Йельм начал нерешительно повторять действия Чавеса.
— Что чуешь?
— Сразу и не объяснишь. Но через полминуты мы с тобой услышим Хультина. Хочешь пари?
Пауль Йельм покачал головой. Бросив последний взгляд на письменный стол, плеер и книжку, на горку листьев за окном, он встрепенулся и занял место в кабине машиниста. Время изменило свой ход.
И тут же зазвонил внутренний телефон. Резкий голос в трубке принадлежал оперативному начальнику ‘Труппы А” комиссару уголовной полиции Яну-Улову Хультину.
— Срочное совещание. Быть всем. Немедленно.
Йельм спрятал плечевую кобуру под кожаную куртку, в предвкушении работы сердце его забилось сильнее. Он и Чавес почти бегом бросились в комнату, которую когда-то называли штабом и которая, с надеждой подумал Пауль, может быть, теперь вернет себе это название. Внезапно дверь одного из кабинетов распахнулась, дав Чавесу по лицу, и в коридоре появился Вигго Нурландер, который, однако, даже не заметил происшедшего. Расследуя “убийства грандов”, Нурландер преобразился: если раньше в группе его считали бюрократом и буквоедом, то теперь это был настоящий bad boy[2]. Офисные костюмы он сменил на модные рубашки-поло и кожаные пиджаки, избавился от намечавшегося брюшка и накачал стальной пресс.

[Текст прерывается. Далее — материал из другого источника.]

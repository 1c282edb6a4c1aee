//! The probes in front of a statement or a body, and round a declared name.

ghost use Rattle.std.specs.Prelude.{◌≡◌, IfOk};
ghost use Rattle.c_walk.specs.Walked.{Walked};
ghost use Rattle.probe_rules.specs.Marks.{mark_at, block_marks, defined_name};
ghost use Rattle.c_walk.specs.Counted.{next_block};
ghost use Rattle.probe_expr.specs.Numbers.{counts};

use crate::numbers::Numbers;
use c_base::place::{NoMemory, Pos};
use c_copy::parts::put;
use c_syntax::tree::{Named, ProbeMark};
use std::alloc::Global;

/// The probe in front of what is a block.
pub fn block_mark(alloc: Global, numbers: Numbers, pos: Pos) -> Result<ProbeMark, NoMemory>
    ensures { IfOk result (λ m. (w : Walked) → counts w ≡ numbers → m ≡ mark_at pos (next_block w)) }
{
    let number = numbers.block_text(alloc)?;
    Ok(ProbeMark { pos, number })
}

/// The probes in front of a statement that is a block, or isn't.
pub fn block_marks(
    alloc: Global,
    numbers: Numbers,
    block: bool,
    pos: Pos,
) -> Result<Vec<ProbeMark>, NoMemory>
    ensures { IfOk result (λ v. (w : Walked) → counts w ≡ numbers → v.items ≡ block_marks block pos w) }
{
    let mut marks = Vec::new(alloc);
    if block {
        let mark = block_mark(alloc, numbers, pos)?;
        put(&mut marks, mark)?;
    }
    Ok(marks)
}

/// A declared name that is defined there, if there is one.
pub fn defined_name(
    alloc: Global,
    numbers: Numbers,
    name: &Option<Named>,
) -> Result<Option<Named>, NoMemory>
    ensures { IfOk result (λ n. (w : Walked) → counts w ≡ numbers → n ≡ defined_name name.now w) }
{
    match name {
        None => Ok(None),
        Some(name) => {
            let text = name.text.copy(alloc)?;
            let number = numbers.def_text(alloc)?;
            let pos = name.pos;
            let probe = Some(ProbeMark { pos, number });
            Ok(Some(Named { pos, text, probe }))
        }
    }
}
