//! The numbers of probes.

ghost use Rattle.std.specs.Prelude.{◌≡◌, ◌+◌, Option, true, IfOk, OnOk};
ghost use Rattle.std.specs.Fmt.{decimal};
ghost use Rattle.c_base.specs.declared.place.Pos.{Pos};
ghost use Rattle.c_syntax.specs.View.{note_shape, expr_shape};
ghost use Rattle.c_walk.specs.Items.{Outcomes, Direct};
ghost use Rattle.c_walk.specs.Units.{no_items};
ghost use Rattle.c_walk.specs.Walked.{Walked, next_decision, is_used, is_written, with_block, with_block_if, with_decision, with_test, with_def, with_use, with_site};
ghost use Rattle.c_walk.specs.Counted.{next_block, next_def, next_use};
ghost use Rattle.probe_expr.specs.Numbers.{counts, Counted};

use c_base::place::NoMemory;
use c_syntax::text::Text;
use c_syntax::tree::Node;
use c_walk::around::Taken;
use c_walk::places::is_place;
use c_walk::taken::{is_used, is_written};
use c_walk::tests::is_logical;
use std::alloc::Global;

/// How many blocks, decisions, definitions and uses have their numbers.
#[derive(Clone, Copy, Debug, PartialEq, Eq)]
pub struct Numbers {
    pub blocks: u16,
    pub decisions: u16,
    pub defs: u16,
    pub uses: u16,
}

impl Numbers {
    /// Nothing is numbered yet.
    pub fn none() -> Numbers
        ensures { result ≡ counts no_items }
    {
        Numbers {
            blocks: 0,
            decisions: 0,
            defs: 0,
            uses: 0,
        }
    }

    /// A block is numbered.
    pub fn block(&mut self) -> Result<(), NoMemory>
        ensures { OnOk result ((p : Pos) → Counted self.old self.new (λ c w. with_block p w)) }
    {
        let blocks = next(self.blocks)?;
        self.blocks = blocks;
        Ok(())
    }

    /// A block is numbered, if it is one.
    pub fn block_if(&mut self, block: bool) -> Result<(), NoMemory>
        ensures { OnOk result ((p : Pos) → Counted self.old self.new (λ c w. with_block_if block p w)) }
    {
        if block { self.block() } else { Ok(()) }
    }

    /// A decision is numbered.
    pub fn decision(&mut self) -> Result<(), NoMemory>
        ensures { OnOk result ((p : Pos) (o : Outcomes) → Counted self.old self.new (λ c w. with_decision p o w)) }
    {
        let decisions = next(self.decisions)?;
        self.decisions = decisions;
        Ok(())
    }

    /// A definition is numbered.
    pub fn def(&mut self) -> Result<(), NoMemory>
        ensures { OnOk result ((p : Pos) (d : Option Direct) → Counted self.old self.new (λ c w. with_def true c p d w)) }
    {
        let defs = next(self.defs)?;
        self.defs = defs;
        Ok(())
    }

    /// A use is numbered.
    pub fn used(&mut self) -> Result<(), NoMemory>
        ensures { OnOk result ((p : Pos) (d : Option Direct) → Counted self.old self.new (λ c w. with_use true c p d w)) }
    {
        let uses = next(self.uses)?;
        self.uses = uses;
        Ok(())
    }

    fn def_if(&mut self, written: bool) -> Result<(), NoMemory>
        ensures { OnOk result ((p : Pos) (d : Option Direct) → Counted self.old self.new (λ c w. with_def written c p d w)) }
    {
        if written { self.def() } else { Ok(()) }
    }

    fn use_if(&mut self, read: bool) -> Result<(), NoMemory>
        ensures { OnOk result ((p : Pos) (d : Option Direct) → Counted self.old self.new (λ c w. with_use read c p d w)) }
    {
        if read { self.used() } else { Ok(()) }
    }

    /// The sites of an expression by itself, of whose value that is done, are numbered.
    pub fn site(&mut self, taken: Taken, node: &Node) -> Result<(), NoMemory>
        ensures { OnOk result (Counted self.old self.new (λ c w. with_site c taken node.now.pos (note_shape node.now.note) (expr_shape node.now.form) w)) }
    {
        if is_place(&node.form) {
            self.def_if(is_written(taken))?;
            self.use_if(is_used(taken, node))
        } else {
            Ok(())
        }
    }

    /// An expression at a test position is numbered, if it is a decision.
    pub fn test(&mut self, node: &Node) -> Result<(), NoMemory>
        ensures { OnOk result (Counted self.old self.new (λ c w. with_test node.now.pos (expr_shape node.now.form) w)) }
    {
        if is_logical(node) {
            Ok(())
        } else {
            self.decision()
        }
    }

    /// The number of the next block.
    pub fn block_text(&self, alloc: Global) -> Result<Text, NoMemory>
        ensures { IfOk result (λ t. (w : Walked) → counts w ≡ self.now → t ≡ decimal (next_block w)) }
    {
        spelled(alloc, self.blocks)
    }

    /// The number of the next decision.
    pub fn decision_text(&self, alloc: Global) -> Result<Text, NoMemory>
        ensures { IfOk result (λ t. (w : Walked) → counts w ≡ self.now → t ≡ decimal (next_decision w)) }
    {
        spelled(alloc, self.decisions)
    }

    /// The number of the next definition.
    pub fn def_text(&self, alloc: Global) -> Result<Text, NoMemory>
        ensures { IfOk result (λ t. (w : Walked) → counts w ≡ self.now → t ≡ decimal (next_def w)) }
    {
        spelled(alloc, self.defs)
    }

    /// The number of the next use.
    pub fn use_text(&self, alloc: Global) -> Result<Text, NoMemory>
        ensures { IfOk result (λ t. (w : Walked) → counts w ≡ self.now → t ≡ decimal (next_use w)) }
    {
        spelled(alloc, self.uses)
    }
}

fn next(number: u16) -> Result<u16, NoMemory>
    ensures { IfOk result (λ n. n ≡ number + 1) }
{
    match number.checked_add(1) {
        Some(number) => Ok(number),
        None => Err(NoMemory),
    }
}

// The number behind this one, in decimal digits.
fn spelled(alloc: Global, number: u16) -> Result<Text, NoMemory>
    ensures { IfOk result (λ t. t ≡ decimal (number + 1)) }
{
    let number = next(number)?;
    decimal_text(alloc, u128::from(number))
}

/// A number in decimal digits.
pub fn decimal_text(alloc: Global, number: u128) -> Result<Text, NoMemory>
    ensures { IfOk result (λ t. t ≡ decimal number) }
{
    let Ok(digits) = number.to_string(alloc) else {
        return Err(NoMemory);
    };
    Text::from_bytes(alloc, digits.as_bytes())
}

Когда Йельм и Нурландер вбежали в комнату совещаний, вся группа была уже на месте. Последним, прижимая к лицу носовой платок, вошел Чавес. Комиссар скептически оглядел его. Сидящий за кафедрой в самом дальнем углу небольшой комнаты комиссар был похож на старого усталого школьного учителя. Маленькие очки казались частью его огромного носа. Во взгляде комиссара сотрудники не увидели знакомого охотничьего азарта, хотя где-то в уголках глаз притаился еле заметный огонек. Комиссар откашлялся.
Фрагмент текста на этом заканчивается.